(Beginning of Input data)
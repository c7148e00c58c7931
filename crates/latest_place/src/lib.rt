//! How far evaluations can be delayed, and the lazy placement.
//!
//! In go a split graph with its edges, a table of expressions and a down rule; out come the rows of the nodes at which
//! each expression is delayed, latest and isolated, and the placement that evaluates each expression as late as its
//! earliest evaluations can be delayed, and only where a use needs it.
//!
//! The theorem that this crate carries is that each row is exactly its statement on paths, and the contract of `lazy`:
//! for every down rule with its laws the placement is admissible, and on no full path does it evaluate an expression
//! more often than any other admissible placement does.
#![tactic(auto)]

mod delays;
mod equations;
mod once;
mod parts;
mod placement;

pub use delays::Late;
pub use placement::{late, lazy};
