// Where bytes go.
ghost use Rattle.std.specs.Prelude.{◌≡◌, ℕ, ◌<◌, List, length, IfOk, OnOk, OnErr};
ghost use Rattle.std.specs.declared.option.Option.{Option};
ghost use Rattle.std.specs.Io.{WritesAtMost};
ghost use Rattle.std.specs.Io.KnownBytes.{WriteAppends};
ghost use Rattle.mir_outside.specs.Causes.{HasCause, next_count};

use crate::Failed;
use std::io::Write;

/// Where bytes go.
///
/// Contracts know a sink by two things that no code sees: the bytes that were written to it, and a count of its
/// faults. The count gives each failure a cause, as that of a `Source` does.
pub trait Sink {
    /// The bytes that were written so far, the first one first. `None` where they cannot be observed, as over
    /// standard output: then no clause says anything of bytes.
    ghost written: { Self → Option (List ℕ) };

    /// The count of faults so far. It never falls, and saturates at 2^64 - 1.
    ghost faults: { Self → ℕ };

    /// Appends a prefix of the piece.
    ///
    /// `Ok(n)` says that `piece[..n]` was appended. It is at least one byte where `piece` is not empty, and at most
    /// all of it.
    ///
    /// `Failed` comes only where the count of faults rose in this call, or has saturated. This call then appended
    /// nothing, and a later one may go on.
    fn write(&mut self, piece: &[u8]) -> Result<usize, Failed>
        ensures bound { WritesAtMost result piece.now }
        ensures progress { 0 < length piece.now → IfOk result (λ n. 0 < n) }
        ensures bytes { WriteAppends (written self.old) (written self.new) result piece.now }
        ensures cause { HasCause (faults self.old) (faults self.new) result };
}

/// A sink over any writer of std. Its bytes can be observed where those of the writer can. Each error of the writer is
/// a fault, and so is `Ok(0)` for a piece that is not empty.
#[derive(Drop)]
pub struct StdSink<W> {
    inner: W,
    faults: u64,
}

impl<W: Write> StdSink<W> {
    /// A sink over this writer that has not failed yet. It does not allocate.
    pub fn new(inner: W) -> Self
        ensures written { ⟦<StdSink<W> as Sink>⟧.written result ≡ W.contents inner }
        ensures faults { ⟦<StdSink<W> as Sink>⟧.faults result ≡ 0 }
    {
        StdSink { inner, faults: 0 }
    }
}

impl<W: Write> Sink for StdSink<W> {
    ghost written = { λ s. W.contents s.inner };

    ghost faults = { λ s. s.faults };

    /// Writes once. The count of faults rises by one at an error of the writer and at an `Ok(0)` for a piece that is
    /// not empty, and at nothing else.
    fn write(&mut self, piece: &[u8]) -> Result<usize, Failed>
        ensures bound { WritesAtMost result piece.now }
        ensures progress { 0 < length piece.now → IfOk result (λ n. 0 < n) }
        ensures bytes { let written = ⟦<StdSink<W> as Sink>⟧.written in
            WriteAppends (written self.old) (written self.new) result piece.now }
        ensures cause { let faults = ⟦<StdSink<W> as Sink>⟧.faults in
            HasCause (faults self.old) (faults self.new) result }

        ensures no_fault { let faults = ⟦<StdSink<W> as Sink>⟧.faults in
            OnOk result (faults self.new ≡ faults self.old) }
        ensures rises { let faults = ⟦<StdSink<W> as Sink>⟧.faults in
            OnErr result (faults self.new ≡ next_count (faults self.old)) }
    {
        match self.inner.write(piece) {
            Ok(count) if count > 0 || piece.is_empty() => Ok(count),
            _ => {
                self.faults = self.faults.saturating_add(1);
                Err(Failed)
            }
        }
    }
}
(End of Input data)
Directions: Show every line above in which the word "once" occurs.

Answer section:
mod once;
    /// Writes once. The count of faults rises by one at an error of the writer and at an `Ok(0)` for a piece that is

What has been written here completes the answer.